FIGURE 3.14 Modern brewing tanks in fermentation room. Photo courtesy: Nagarjuna Herbal Concentrates Ltd, Kerala (www.nagarjunaayurveda.com).
In earlier times when the process of preparing arista and asava was carried out in earthen pots, it was necessary to use a new pot each time a product was prepared. The vessel would be properly cleaned, and water was first boiled in the vessel. Absolute cleanliness was maintained, and the pot was fumigated using herbs like PippalTсйгпа (Piper longum) and the inside of the pot was then smeared with clarified butter before starting the fermentation process. When bulk manufacturing of ayurvedic products started to flourish, it became difficult to manage with earthen pots. New brewing vessels were introduced into the process. At present, brewing tanks with a storage capacity of even 10,000 liters are being used in the industrial manufacture of arista and asava (Figure 3.14). The smearing of clarified butter and fumigation with PippalT сйгпа are replaced with modern fumigation techniques.

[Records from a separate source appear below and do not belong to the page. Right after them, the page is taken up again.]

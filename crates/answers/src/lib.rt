// What the calls answer: a verdict before anything is stored, the replies of the reads, and the numbers of an answer. What each call promises stands in specs/.
#![tactic(auto)]

ghost use Rattle.std.specs.Prelude.{◌≡◌, nat_lt};
ghost use Rattle.rules.specs.Said.{said, said_refusal, said_numbers, capacity_number};
ghost use Rattle.rules.specs.Refusals.{party_unknown, direction_unknown, profile_unknown, hour_unknown};
ghost use Rattle.cells.specs.View.{book_of, right_read};
ghost use Rattle.answers.specs.Promises.{window_verdict};
ghost use Rattle.answers.specs.Capacities.{capacity_unknown, Finds};
ghost use Rattle.answers.specs.Entries.{FindsDirection, FindsSession, FindsAccess, FindsRight};

use cells::{Book, Place};
use day::DaySession;
use rules::{Answer, CapacityOf, Hour, Refusal, ReplyNumbers, Session, Timing};
use tables::{Direction, RightKey};

// What an offer is for and a read of what is left asks for: a direction or a profile, by number.
#[derive(Clone, Copy, PartialEq, Eq)]
pub enum Capacity {
    Direction(u8),
    Profile(u8),
}

// Capacity left, and the shortfall.
#[derive(Clone, Copy, PartialEq, Eq)]
pub struct LeftRead {
    pub left: u32,
    pub shortfall: u32,
}

// A right.
#[derive(Clone, Copy, PartialEq, Eq)]
pub struct RightRead {
    pub holder: u8,
    pub direction: u8,
    pub session: Session,
    pub mw: [u32; 5],
}

// ---- tests that several calls share

// Earlier than the latest granted timed call.
pub fn before_clock(book: &Book, time: u32) -> bool
    ensures { result ≡ nat_lt time (book_of book.now).clock }
{
    time < cells::clock(book)
}

// Of a direction, a profile and a party each for itself: the rules have a definition for each.
pub fn direction_unknown(book: &Book, direction: u8) -> bool
    ensures { result ≡ direction_unknown (book_of book.now) direction }
{
    cells::DIRECTIONS.count(book) <= direction as u32
}

pub fn hour_unknown(book: &Book, hour: Hour) -> bool
    ensures { result ≡ hour_unknown (book_of book.now) hour.0 }
{
    let number = hour.0;
    number < 1 || cells::hours(book) < number
}

fn profile_unknown(book: &Book, profile: u8) -> bool
    ensures { result ≡ profile_unknown (book_of book.now) profile }
{
    cells::PROFILES.count(book) <= profile as u32
}

fn capacity_unknown(book: &Book, capacity: Capacity) -> bool
    ensures { result ≡ capacity_unknown (book_of book.now) capacity }
{
    match capacity {
        Capacity::Direction(direction) => direction_unknown(book, direction),
        Capacity::Profile(profile) => profile_unknown(book, profile),
    }
}

// The capacity's place in an hour; none where it or the hour isn't there.
pub fn place_in(book: &Book, capacity: Capacity, hour: Hour) -> Option<Place>
    ensures { Finds (book_of book.now) capacity hour result }
{
    if capacity_unknown(book, capacity) || hour_unknown(book, hour) {
        return None;
    }
    let row = match capacity {
        Capacity::Direction(direction) => direction,
        Capacity::Profile(profile) => cells::PROFILE_ROW + profile,
    };
    Some(Place { row, hour })
}

pub fn party_unknown(book: &Book, party: u8) -> bool
    ensures { result ≡ party_unknown (book_of book.now) party }
{
    cells::PARTIES.count(book) <= party as u32
}

// ---- entries by their numbers

// A direction; none where it isn't there.
#[tactic(auto, using(crate::proofs::Entries::no_direction))]
pub fn direction_in(book: &Book, direction: u8) -> Option<Direction>
    ensures { FindsDirection (book_of book.now) direction result }
{
    let row = cells::directions(book).get(direction as usize)?;
    Some(Direction::from(*row))
}

// A session of a direction; none where either isn't there. Two numbers, here and elsewhere: the calls and the definitions of the rules have them apart.
pub fn session_in(book: &Book, direction: u8, session: Session) -> Option<DaySession>
    ensures { FindsSession (book_of book.now) direction session result }
{
    let model = direction_in(book, direction)?.model;
    let known = cells::day(book).session(model, session);
    known.is_there().then_some(known)
}

// The map of a party's access; none where the party isn't there.
#[tactic(auto, using(crate::proofs::Entries::no_party))]
pub fn access_in(book: &Book, party: u8) -> Option<u32>
    ensures { FindsAccess (book_of book.now) party result }
{
    let row = cells::parties(book).get(party as usize)?;
    Some(row[16])
}

// The MW of a right, by the cells of its row.
#[tactic(auto, unfolding(cells::specs::View::part, cells::specs::View::cell_from, cells::specs::Loops::rows))]
fn mw_of(row: &[u32; 8]) -> [u32; 5]
    ensures { result ≡ (right_read row.now).mw }
{
    std::array::from_fn(|k| row[3 + k])
}

// A right; none where it isn't there.
#[tactic(auto, using(crate::proofs::Entries::no_right))]
pub fn right_in(book: &Book, right: u16) -> Option<RightRead>
    ensures { FindsRight (book_of book.now) right result }
{
    let row = cells::rights(book).get(right as usize)?;
    let key = RightKey::of_row(row);
    Some(RightRead {
        holder: key.holder,
        direction: key.direction,
        session: key.session,
        mw: mw_of(row),
    })
}

// What the window of a call finds.
pub fn window_verdict(timing: Timing) -> Result<(), Refusal>
    ensures { result ≡ window_verdict timing }
{
    match timing {
        Timing::Early => Err(Refusal::TooEarly),
        Timing::Within => Ok(()),
        Timing::Late => Err(Refusal::TooLate),
    }
}

// ---- the paper's numbers

// A refusal with no details.
fn no_details(number: u8) -> ReplyNumbers
    ensures { result ≡ record { number = number; first = 0; second = 0 } }
{
    ReplyNumbers {
        number,
        first: 0,
        second: 0,
    }
}

// 0 for the direction, or 1 + the profile's number.
fn capacity_number(capacity: CapacityOf) -> u32
    ensures { result ≡ capacity_number capacity }
{
    match capacity {
        CapacityOf::Direction => 0,
        CapacityOf::Profile(p) => 1 + p as u32,
    }
}

fn refusal_numbers(refusal: Refusal) -> ReplyNumbers
    ensures { said_numbers result ≡ said_refusal refusal }
{
    match refusal {
        Refusal::Record => no_details(1),
        Refusal::Date => no_details(17),
        Refusal::Field => no_details(3),
        Refusal::SetupShut => no_details(4),
        Refusal::Clock => no_details(5),
        Refusal::Unknown => no_details(6),
        Refusal::Taken => no_details(7),
        Refusal::TooEarly => no_details(16),
        Refusal::TooLate => no_details(8),
        Refusal::Hours => no_details(9),
        Refusal::Access => no_details(10),
        Refusal::Owner => no_details(11),
        Refusal::Cycle => no_details(12),
        Refusal::Full => no_details(13),
        Refusal::Short(hour, capacity) => ReplyNumbers {
            number: 15,
            first: hour.0 as u32,
            second: capacity_number(capacity),
        },
    }
}

// The paper's number of an answer and both details. Not `From`: its clause would be a ghost member that says the same equation, and `daybook::numbers`
// would state it again.
pub fn numbers(answer: Answer) -> ReplyNumbers
    ensures { said_numbers result ≡ said answer }
{
    match answer {
        Ok(detail) => ReplyNumbers {
            number: 0,
            first: detail,
            second: 0,
        },
        Err(refusal) => refusal_numbers(refusal),
    }
}
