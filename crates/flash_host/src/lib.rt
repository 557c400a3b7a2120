// The erased test by itself, for hosts that try it at every length and measure it. No board links it.
#![tactic(auto)]

ghost use Rattle.std.specs.Prelude.{◌≡◌};
ghost use Rattle.flash.specs.Flash.{is_erased};

// Whether every byte is FF; of no bytes, yes.
#[unsafe(no_mangle)]
pub extern "C" fn flash_erased(page: &[u8]) -> bool
    ensures { result ≡ is_erased page.now }
{
    flash::erased(page)
}
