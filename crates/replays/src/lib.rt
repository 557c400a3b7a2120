// A script of calls, replayed on two pages as a board would make them, with every answer written to
// a lent output. The layout is in docs/FORMATS.md; what comes out is in specs/Replays.antt: the
// answers are the book's, for any bytes in the pages and in the script.
//
// Total: any bytes, any lengths. The whole script is checked before the first call is made.
#![tactic(auto)]

ghost use Rattle.std.specs.Prelude.{◌+◌, ◌≤◌, ◌≡◌, length, replicate};
ghost use Rattle.model.specs.Board.{powered};
ghost use Rattle.model.specs.Orders.{held_in};
ghost use Rattle.boards.specs.Boards.{hand_in};
ghost use Rattle.scripts.specs.Scripts.{item_in, found, checked};
ghost use Rattle.replays.specs.Runs.{
  code_of,
  last_in,
  replies_in,
  once,
  making,
  making_of,
  Written,
  written,
  Run,
  run_in,
  ordered,
  running,
  orders_of,
};
ghost use Rattle.replays.specs.Replays.{Outcome, report_in, replayed};

use boards::{Answer, Call, Turn};
use pages::Pair;
use scripts::{Item, ScriptError};
use walks::Walk;

// The first byte of each answer that isn't a number, as the layout has it.
const NOTHING: u8 = 0x00;

const BEGUN: u8 = 0x10;

const MADE: u8 = 0x11;

const ENDED: u8 = 0x12;

const PART: u8 = 0x20;

const OUTPUT: u8 = 0x21;

// How many bytes of an answer stand before an output: the first and its number.
const BEFORE_OUTPUT: usize = 2;

// ---- bytes of the output
// Writes bytes from a place on; gives the place after them.
#[tactic(auto, using(crate::proofs::Output::put_written))]
fn put(out: &mut [u8], at: usize, bytes: &[u8]) -> usize
    requires { at + length bytes.now ≤ length out.old }
    ensures { ◌≡◌ {A = Written} (record { out = out.new; at = result })
        (written out.old at bytes.now) }
{
    let end = at + bytes.len();
    out[at..end].copy_from_slice(bytes);
    end
}

// Writes the same byte, so many times.
#[tactic(auto, using(crate::proofs::Output::filled_part, crate::proofs::Output::put_written))]
fn put_all(out: &mut [u8], at: usize, count: u32, byte: u8) -> usize
    requires { at + count ≤ length out.old }
    ensures { ◌≡◌ {A = Written} (record { out = out.new; at = result })
        (written out.old at (replicate count byte)) }
{
    let end = at + count as usize;
    out[at..end].fill(byte);
    end
}

// ---- answers
// The first byte of an answer.
fn code_of(answer: Answer) -> u8
    ensures { result ≡ code_of answer }
{
    match answer {
        Answer::Nothing => NOTHING,
        Answer::Begun => BEGUN,
        Answer::Made => MADE,
        Answer::Ended => ENDED,
        Answer::Number(number) => number,
        Answer::Part(..) => PART,
        Answer::Output(_) => OUTPUT,
    }
}

// The last of so many answers: that to each call after the steps made, or a step made where all were.
fn last_of(turn: Turn, times: u32) -> Answer
    ensures { result ≡ last_in turn times }
{
    if turn.made == times {
        Answer::Made
    } else {
        turn.answer
    }
}

// So many answers, of which the first are steps made and all others the last one.
#[derive(Clone, Copy)]
struct Replies {
    times: u32,
    made: u32,
    last: Answer,
}

// Writes answers up to an output, a part from these pages; gives the place after them.
fn put_answers(replies: Replies, pair: Pair<'_>, out: &mut [u8], at: usize) -> usize
    requires { (replies.made ≤ replies.times)
        × (at
        + length
        (replies_in replies.times replies.made replies.last pair.left.now pair.right.now)
        ≤ length out.old) }
    ensures { ◌≡◌ {A = Written} (record { out = out.new; at = result })
        (written out.old at
        (replies_in replies.times replies.made replies.last
        pair.entry.left.now
        pair.entry.right.now)) }
{
    let Replies { times, made, last } = replies;
    let rest = put_all(out, at, made, MADE);
    let end = put_all(out, rest, times - made, code_of(last));
    match last {
        Answer::Part(offset, len) => put(out, end, reads::read(pair, offset, len)),
        Answer::Output(number) => put(out, end, &[number]),
        _ => end,
    }
}

// ---- calls
// How a call of a script is made: the call of a board, how many answers it has, the bytes of the
// script that are lent to it and those that its output holds, and how many bytes of its answer stand
// before that output.
#[derive(Clone, Copy)]
struct Job<'a> {
    call: Call,
    times: u32,
    bytes: &'a [u8],
    output: &'a [u8],
    lead: usize,
}

impl<'a> Job<'a> {
    // A call that is made once, and is lent nothing.
    fn once(call: Call) -> Job<'a>
        ensures { making result ≡ once call }
    {
        Job {
            call,
            times: 1,
            bytes: &[],
            output: &[],
            lead: 0,
        }
    }

    // The call of an item, where the walk in hand was begun with this data.
    fn of(item: Item<'a>, held: &'a [u8]) -> Job<'a>
        ensures { making result ≡ making_of item.entry held.now }
    {
        match item {
            Item::Save(offset, bytes) => Job {
                bytes,
                ..Job::once(Call::Save(offset))
            },
            Item::Format => Job::once(Call::Format),
            Item::Steps(times) => Job {
                times,
                bytes: held,
                ..Job::once(Call::Step(times))
            },
            Item::StepWith(bytes) => Job {
                bytes,
                ..Job::once(Call::Step(1))
            },
            Item::Read(offset, len) => Job::once(Call::Read(offset, len)),
            Item::ReadInto(offset, output) => Job {
                output,
                lead: BEFORE_OUTPUT,
                ..Job::once(Call::ReadInto(offset))
            },
            Item::Cut => Job::once(Call::Cut),
        }
    }
}

// ---- a script
// What is kept from call to call: the walk in hand, the data it was begun with, and the place in the
// output.
#[derive(Clone, Copy)]
struct Ran<'a> {
    hand: Option<Walk>,
    held: &'a [u8],
    at: usize,
}

impl<'a> Ran<'a> {
    // The data of the walk in hand; none with no walk.
    fn data_in_hand(self) -> &'a [u8]
        ensures { result.now ≡ held_in (hand_in self.entry.hand self.entry.held.now) }
    {
        match self.hand {
            None => &[],
            Some(_) => self.held,
        }
    }

    // Makes the calls of an item and writes their answers. An output is laid in where it stands in
    // its answer, and lent from there.
    // Both pages lent for writing go side by side, as `pages::Pair` says.
    fn make(&mut self, item: Item<'a>, left: &mut [u8], right: &mut [u8], out: &mut [u8])
        requires { self.old.at + (item_in item).room ≤ length out.old }
        ensures { run_in self.new left.new right.new out.new
            ≡ ordered (item_in item.entry).order
            (run_in self.old left.old right.old out.old) }
    {
        let job = Job::of(item, self.data_in_hand());
        let start = self.at + job.lead;
        let end = put(out, start, job.output);
        let turn = boards::make(
            job.call,
            self.hand,
            self.held,
            job.bytes,
            left,
            right,
            &mut out[start..end],
        );
        let last = last_of(turn, job.times);
        self.hand = turn.hand;
        self.held = last.kept(job.bytes, self.held);
        let replies = Replies {
            times: job.times,
            made: turn.made,
            last,
        };
        let after = put_answers(replies, Pair { left, right }, out, self.at);
        self.at = after + job.output.len();
    }
}

// Makes the calls of a script that was found whole.
// Both pages lent for writing go side by side, as `pages::Pair` says.
fn run<'a>(left: &mut [u8], right: &mut [u8], script: &'a [u8], out: &mut [u8]) -> Ran<'a>
    requires { (found (checked script.now (length out.old))).status ≡ 0 }
    ensures { run_in result left.new right.new out.new
        ≡ running (orders_of (checked script.now (length out.old)))
        (record {
          board = powered left.old right.old;
          output = record { out = out.old; at = 0 };
        }) }
{
    let mut ran = Ran {
        hand: boards::empty_hand(),
        held: &[],
        at: 0,
    };
    let mut place = 0;
    // Calls differ in size, so no `for` and no `chunks` goes over them, and no iterator, as in `scripts::check`.
    while let Some(item) = scripts::item_at(script, place) {
        ran.make(item, left, right, out);
        place += item.size();
    }
    ran
}

// Checks a whole script and, where it is well formed and its answers have room, makes its calls on
// the pages one after another, as a board would, and writes their answers to the output. Gives how
// many bytes of the output they take.
// Both pages lent for writing go side by side, as `pages::Pair` says.
pub fn replay(
    left: &mut [u8],
    right: &mut [u8],
    script: &[u8],
    out: &mut [u8],
) -> Result<usize, ScriptError>
    ensures { ◌≡◌ {A = Outcome}
        (record {
          report = report_in result;
          left = left.new;
          right = right.new;
          out = out.new;
        })
        (replayed
        left.old
        right.old
        script.now
        out.old) }
{
    scripts::check(script, out.len())?;
    Ok(run(left, right, script, out).at)
}
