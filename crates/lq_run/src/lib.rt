//! The run lock is tried and released, and what was missed meanwhile is scheduled.
#![tactic(auto)]

ghost use Rattle.std.specs.Prelude.{◌≡◌, ◌⊎◌, Bool, true, false, [], ◌∷◌};
ghost use Rattle.lq_model.specs.declared.machine.Position.TheVariants.{Try1, Unlock as AtUnlock, Leave as AtLeave, Idle as AtIdle};
ghost use Rattle.lq_model.specs.declared.machine.Attempt.{Attempt};
ghost use Rattle.lq_table.specs.Sees.{position, IsSeatOf};
ghost use Rattle.lq_table.specs.Locks.{try_lock_at};
ghost use Rattle.lq_table.specs.States.{miss_at, set_sched_at, clear_sched_at};
ghost use Rattle.lq_table.specs.Step.{ClearSched, MakesSteps, SetSched};
ghost use Rattle.lq_run.specs.Runs.{after_missed, released_to, BeginsAsHolder, HasNone, MayReleaseActive, MayReleaseRunLock, StandsWithoutStation};
ghost use Rattle.lq_run.specs.Steps.{Begin, End, MakesStepsOf, NoteMissed, TryRunLock};

mod laws;

pub use laws::{raised_marks_stay, sole_seats_get_free_locks, sole_seats_schedule_missed};
use lq_device::TxDevice;
use lq_model::state::MISSED;
use lq_table::{Cpu, Shared};

/// Tries the run lock, as `spin_trylock` does (`queued_spin_trylock` of include/asm-generic/qspinlock.h): the word is looked
/// at first, and exchanged only where it is free. True where the seat has the lock.
pub fn try_run_lock<'a, D: TxDevice>(shared: &Shared<'a, D>, cpu: &mut Cpu<D>) -> bool
    requires seat { IsSeatOf shared.now cpu.old }
    requires at { try_lock_at (position cpu.old) ≡ true }
    ensures makes { MakesStepsOf (TryRunLock result) cpu.old cpu.new }
{
    if shared.look_lock(cpu) {
        return false;
    }
    shared.try_lock(cpu)
}

/// Sets MISSED after a failed try of the run lock, where a look at the state doesn't find it set. True where it was set before.
fn note_missed<'a, D: TxDevice>(shared: &Shared<'a, D>, cpu: &mut Cpu<D>) -> bool
    requires seat { IsSeatOf shared.now cpu.old }
    requires at { miss_at (position cpu.old) ≡ true }
    ensures makes { MakesStepsOf (NoteMissed result) cpu.old cpu.new }
{
    if shared.look_missed(cpu) {
        return true;
    }
    shared.miss(cpu)
}

/// Tries the run lock, as `qdisc_run_begin` of include/net/sch_generic.h does. Where it is held MISSED is set, so that the
/// holder looks once more, and the lock is tried again unless MISSED was set before. True where the seat has the lock.
pub fn begin<'a, D: TxDevice>(shared: &Shared<'a, D>, cpu: &mut Cpu<D>) -> bool
    requires seat { IsSeatOf shared.now cpu.old }
    requires at { (a : Attempt) × (position cpu.old ≡ Try1 a) }
    requires empty { HasNone cpu.old }
    ensures makes { MakesStepsOf (Begin result) cpu.old cpu.new }
    ensures got { result ≡ true → BeginsAsHolder cpu.old cpu.new }
    ensures missed { result ≡ false → StandsWithoutStation (after_missed (position cpu.old)) cpu.old cpu.new }
{
    if try_run_lock(shared, cpu) {
        shared.move_station(cpu);
        return true;
    }
    if note_missed(shared, cpu) {
        return false;
    }
    if try_run_lock(shared, cpu) {
        shared.move_station(cpu);
        return true;
    }
    false
}

/// Releases the run lock, and schedules where MISSED is set after it.
fn release<'a, D: TxDevice>(shared: &Shared<'a, D>, cpu: &mut Cpu<D>)
    requires seat { IsSeatOf shared.now cpu.old }
    requires may { MayReleaseRunLock (λ c. (position c ≡ AtUnlock) ⊎ MayReleaseActive c) cpu.old }
    ensures makes { MakesStepsOf End cpu.old cpu.new }
    ensures at { StandsWithoutStation (released_to (position cpu.old)) cpu.old cpu.new }
{
    shared.move_station(cpu);
    shared.unlock(cpu);
    let state = shared.load_state(cpu);
    if state & MISSED != 0 {
        shared.set_sched(cpu);
    }
}

/// Releases the run lock, and schedules where MISSED is set after it, as `qdisc_run_end` of include/net/sch_generic.h
/// does.
pub fn end<'a, D: TxDevice>(shared: &Shared<'a, D>, cpu: &mut Cpu<D>)
    requires seat { IsSeatOf shared.now cpu.old }
    requires may { MayReleaseRunLock (λ c. position c ≡ AtUnlock) cpu.old }
    ensures makes { MakesStepsOf End cpu.old cpu.new }
    ensures at { StandsWithoutStation AtLeave cpu.old cpu.new }
{
    release(shared, cpu);
}

/// Releases the run lock after a live resize, and schedules where MISSED is set after it: what control does in place of the
/// end of a run.
pub fn end_resize<'a, D: TxDevice>(shared: &Shared<'a, D>, cpu: &mut Cpu<D>)
    requires seat { IsSeatOf shared.now cpu.old }
    requires may { MayReleaseRunLock MayReleaseActive cpu.old }
    ensures makes { MakesStepsOf End cpu.old cpu.new }
    ensures at { StandsWithoutStation AtIdle cpu.old cpu.new }
{
    release(shared, cpu);
}

/// Sets SCHED, as `__netif_schedule` of net/core/dev.c does; where it was clear the seat is raised.
pub fn schedule<'a, D: TxDevice>(shared: &Shared<'a, D>, cpu: &mut Cpu<D>)
    requires seat { IsSeatOf shared.now cpu.old }
    requires at { set_sched_at (position cpu.old) ≡ true }
    ensures makes { (was : Bool) × MakesSteps (SetSched was ∷ []) cpu.old cpu.new }
{
    shared.set_sched(cpu);
}

/// Clears SCHED at the start of a soft interrupt, as `net_tx_action` of net/core/dev.c does.
pub fn unschedule<'a, D: TxDevice>(shared: &Shared<'a, D>, cpu: &mut Cpu<D>)
    requires seat { IsSeatOf shared.now cpu.old }
    requires at { clear_sched_at (position cpu.old) ≡ true }
    ensures makes { MakesSteps (ClearSched ∷ []) cpu.old cpu.new }
{
    shared.clear_sched(cpu);
}
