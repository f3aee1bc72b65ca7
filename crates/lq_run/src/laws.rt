//! What the steps of a begin and of an end come to, each the contract of a function that does nothing.
ghost use Rattle.std.specs.Prelude.{◌≡◌, ◌⊎◌, Bool, true, false, not, if◌then◌else◌, List};
ghost use Rattle.lq_model.specs.declared.machine.Attempt.{Attempt};
ghost use Rattle.lq_model.specs.declared.machine.Phase.TheVariants.{Active};
ghost use Rattle.lq_model.specs.declared.machine.Position.TheVariants.{Control, Try1, Unlock};
ghost use Rattle.lq_table.specs.Locks.{locked_to};
ghost use Rattle.lq_table.specs.Sees.{IsAccounts, IsSole, solo};
ghost use Rattle.lq_table.specs.States.{missed_to};
ghost use Rattle.lq_table.specs.Step.{Standing, Step, steps_leave, steps_tell};
ghost use Rattle.lq_run.specs.Runs.{ended};
ghost use Rattle.lq_run.specs.Steps.{Begin, End};

/// A seat that has the table alone gets the run lock exactly if it is free, and what the holder has is then the account's; the
/// lock is held after that, and MISSED is set where it was held before.
pub fn sole_seats_get_free_locks()
    ensures { (got : Bool) (xs : List Step) (s : Standing) → Begin got xs → steps_tell xs s → IsSole s.view
        → (got ≡ not s.view.whole.qdisc.locked)
        × (solo (steps_leave xs s).view ≡ locked_to true (if got then solo s.view else missed_to true (solo s.view)))
        × (got ≡ true → IsAccounts (steps_leave xs s).view) }
{}

/// A seat that has the table alone schedules at the end of a run exactly if MISSED is set; the lock is free after that.
pub fn sole_seats_schedule_missed()
    ensures { (xs : List Step) (s : Standing) → End xs → steps_tell xs s → IsSole s.view
        → solo (steps_leave xs s).view ≡ ended (solo s.view) }
{}

/// A begin leaves the seat's raised mark as it was, and an end doesn't take it down.
pub fn raised_marks_stay()
    ensures begins { (got : Bool) (xs : List Step) (s : Standing) → Begin got xs → steps_tell xs s
        → (a : Attempt) → s.view.place.position ≡ Try1 a → (steps_leave xs s).view.place.raised ≡ s.view.place.raised }
    ensures ends { (xs : List Step) (s : Standing) → End xs
        → (s.view.place.position ≡ Unlock) ⊎ ((s.view.place.position ≡ Control true) × (s.view.control.phase ≡ Active))
        → s.view.place.raised ≡ true → (steps_leave xs s).view.place.raised ≡ true }
{}
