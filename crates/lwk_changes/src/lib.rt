//! The memory calls of a process over its space: what one decides, what is decided again at the end of a round, and
//! its change.
//!
//! Promises: `decide` is `decide` of the definitions and `finish` is `refusal_at_end` (kernel_model's
//! specs/MemoryCalls), for each process with the given break and heap's base, and the memory that its table shows;
//! `make` leaves the space, the frames and the free ones as `after_effect` of hybrid_model's specs/Spaces does. Pages
//! are counted and compared in one walk over those that are present. No call but `make_room_for` takes memory or
//! fails. What has to hold before a change stands in specs/Conditions.
#![tactic(auto)]

mod changes;
mod counts;
mod gaps;

ghost use Rattle.isa_model.specs.Memory.{Memory};
ghost use Rattle.job_model.specs.Images.{highest};
ghost use Rattle.kernel_model.specs.MemoryCalls.{decide, refusal_at_end};
ghost use Rattle.kernel_model.specs.Nodes.{Process};
ghost use Rattle.lwk_changes.specs.Conditions.{ClosesBy};
ghost use Rattle.lwk_space.specs.Lacks.{memory};
ghost use Rattle.offer_laws.specs.ChangeFits.{DecisionFits};
ghost use Rattle.std.specs.Option.{ForSome};
ghost use Rattle.std.specs.Prelude.{◌≡◌, ◌<◌, ◌≤◌, ◌^◌, ℕ, List};
ghost use Rattle.vm_calls.specs.Facts.{Describes, DescribesAtEnd, decision, refusal};

pub use changes::{make, make_room_for};
use counts::{call_lessens, count_present, rights_of};
use gaps::gap_for;
use kernel_model::Change;
use lwk_space::Space;
use page_map::PageTable;
use system_calls::MemoryCall;
use vm_calls::{AtEnd, Facts, VmPlan, call_range, change_range};

/// What the call has to know of the process's memory.
pub fn facts_for_call<T: PageTable>(
    own: &Space<T>,
    brk: u64,
    base: u64,
    free: u64,
    call: MemoryCall,
    args: &[u64; 6],
) -> Facts
    ensures brk { result.brk ≡ brk }
    ensures base { result.base ≡ base }
    ensures free { result.free ≡ free }
    ensures gap { ForSome result.gap (λ low. low < 2 ^ 52) }
    ensures describes { (p : Process) (m : Memory) (pages : List (List ℕ)) → brk ≡ p.program_break → base ≡ p.heap_base → m ≡ memory (T.rows own.now.table) pages → Describes result call args.now p m }
{
    let range = call_range(brk, call, args);
    let rights = rights_of(args[2] % (1 << 32));
    Facts {
        brk,
        base,
        free,
        gap: gap_for(own, free, call, args),
        present: count_present(own.table(), &range),
        lessens: call_lessens(own.table(), call, &range, rights),
    }
}

/// What the end of a round over a change has to know of the process's memory.
pub fn facts_at_end<T: PageTable>(
    own: &Space<T>,
    brk: u64,
    base: u64,
    free: u64,
    change: &Change,
) -> Facts
    ensures brk { result.brk ≡ brk }
    ensures free { result.free ≡ free }
    ensures describes { (p : Process) (m : Memory) (pages : List (List ℕ)) → brk ≡ p.program_break → m ≡ memory (T.rows own.now.table) pages → DescribesAtEnd result change.now p m }
{
    Facts {
        brk,
        base,
        free,
        gap: None,
        present: count_present(own.table(), &change_range(brk, change)),
        lessens: false,
    }
}

/// What a call decides, and that its change fits.
pub fn decide<T: PageTable>(
    own: &Space<T>,
    brk: u64,
    base: u64,
    free: u64,
    call: MemoryCall,
    args: &[u64; 6],
) -> VmPlan
    requires small { brk < 2 ^ 63 }
    requires heap { base ≤ highest }
    ensures closing { ClosesBy base result }
    ensures fits { DecisionFits (decision result) }
    ensures decides { (p : Process) (m : Memory) (pages : List (List ℕ)) → brk ≡ p.program_break → base ≡ p.heap_base → m ≡ memory (T.rows own.now.table) pages → decision result ≡ decide p m free call args.now }
{
    let facts = facts_for_call(own, brk, base, free, call, args);
    vm_calls::decide(&facts, call, args)
}

/// What is decided at the end of a round over a change.
pub fn finish<T: PageTable>(
    own: &Space<T>,
    brk: u64,
    base: u64,
    free: u64,
    change: &Change,
) -> AtEnd
    requires { brk < 2 ^ 63 }
    ensures { (p : Process) (m : Memory) (pages : List (List ℕ)) → brk ≡ p.program_break → m ≡ memory (T.rows own.now.table) pages → refusal result ≡ refusal_at_end p m free change.now }
{
    vm_calls::finish(&facts_at_end(own, brk, base, free, change), change)
}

In the traditional manufacture of arista, the crude drugs mentioned in the formula are coarsely powdered and then made into kvatha, which contains the water-soluble bioactive compounds. The kvatha is then filtered and poured into the fermentation tank. According to the formula, either sugar or jaggery or a mix of these is dissolved in water, boiled, filtered and added to the kvatha. If honey is used, it is added as such to the liquid without heating. (In the case of asava, fresh juices of herbs or fruits are used instead of kvatha.) Another group of herbs, collectively called Praksipa dravya, is made into a fine powder and mixed with the contents of the brewing tank. After this, Dhalakipuspa (flowers of Woodfordia fruticosa), if included in the formula, is properly cleaned and added. This initiates the fermentation process. The brewing vessel is closed tightly so as to avoid any contact with external air and left undisturbed. The bioactive ingredients from the herbs get extracted into the medium during the fermentation process. The progress of fermentation is monitored by measuring at regular intervals the alcohol content, pH, specific gravity, reducing sugar and non-reducing sugar. After the specified period of fermentation, the vessel is opened, and the contents examined to ascertain whether the process of fermentation has been completed. The fermented liquid is filtered through a muslin cloth or clarified using a centrifuge. The filtered arista or asava is thereafter bottled (Anonymous 1978c) (Figure 3.15). The master formula of Bhrngardjdsavam is presented to serve as an example (Table 3.7).